Quando começou a trabalhar com internet nos anos 1990, o publicitário Ricardo Sangion causava estranheza nas agências de publicidade. Como trabalhava com códigos HTML, que dão forma a sites, alguns de seus colegas acreditavam que ele estava enrolando. Ao contrário do que seus companheiros de trabalho poderiam imaginar, a experiência com negócios digitais o levou a ser contratado como o primeiro funcionário do Facebook no Brasil, em 2010. Sangion recebeu, à época, a difícil missão de criar as bases para a empresa enfrentar o então todo-poderoso Orkut, do Google, que até 2012 foi a rede social de maior audiência no País.

Depois de cumprir essa tarefa, Sangion teve de bater de frente novamente com o Google ao trabalhar para o Bing, o buscador da Microsoft. Agora, esse campineiro de 38 anos volta a comandar o crescimento de uma rede social no Brasil. Sangion está à frente da americana Pinterest, site baseado em imagens, chamadas de “pins”, de alfinetes em inglês, que está abrindo em São Paulo seu quinto escritório no mundo – os outros estão localizados em Berlim, Londres, Paris e Tóquio, além de São Francisco, onde fica o quartel-general da empresa. No Pinterest, os usuários agrupam suas postagens em painéis temáticos, como se fossem um caderno de colagens digitais.

É possível seguir cada um desses painéis como no Twitter e pesquisar ao estilo do Google Imagens. Seus principais concorrentes são o Instagram, do Facebook, e o Flickr, do Yahoo!. “Minha missão é muito parecida com a que tive no Facebook”, diz Sangion. “Preciso adequar o produto às características e gostos locais.” Apesar de bater de frente com dois titãs da internet, o Pinterest teve 75,3 milhões de visitantes únicos, em dezembro passado, de acordo com a consultoria americana comScore. O Alexa, ferramenta que mede audiência online, posiciona a rede social dos alfinetes como o 24º maior site do mundo e o 15º nos EUA.

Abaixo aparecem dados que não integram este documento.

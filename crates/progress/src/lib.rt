//! Laws of progress of the lock: what must happen if those who wait go on. They bound the work and the waiting of a process in
//! line, and the entries of others meanwhile. Each is the contract of a function that does nothing.
//!
//! Main items: `work_is_bounded`, `waiting_is_bounded`, `one_entry_while_in_line`.
#![tactic(auto)]

pub mod laws;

Esses são alguns dos argumentos que atraíram investimentos de US$ 762,5 milhões desde que a empresa foi fundada, em 2010, pelos empreendedores Paul Sciarra, Evan Sharp e Ben Silbermann. O mais recente aporte, de US$ 200 milhões, ocorreu em maio do ano passado. Com o dinheiro novo, a empresa foi avaliada em US$ 5 bilhões, valor de mercado similar ao da fabricante brasileira de cosméticos Natura. O grande desafio de Sangion, assim como de seus pares dos demais escritórios da Pinteres, é atrair a simpatia do público masculino para a rede social. Com 70% de sua audiência sustentada pelo público feminino, ela é conhecida como um grande clube da Luluzinha, na internet.

O primeiro passo para levar os barbados ao site foi modificar o sistema de busca, que agora apresenta resultados relacionados ao gênero dos usuários. “Isso não impede que um homem busque presentes para a namorada”, afirma Sangion. “Mas os resultados que aparecerão em primeiro lugar estarão ligados ao sexo de quem pesquisa.” Outro argumento é o uso do Pinterest como ferramenta de produtividade. Os painéis podem ser utilizados como um repositório de links de interesse, uma espécie de atualização do velho “favoritos” do navegador de internet, e lista de tarefas. Os especialistas dividem-se em relação à possibilidade de uma nova rede social florescer no Brasil.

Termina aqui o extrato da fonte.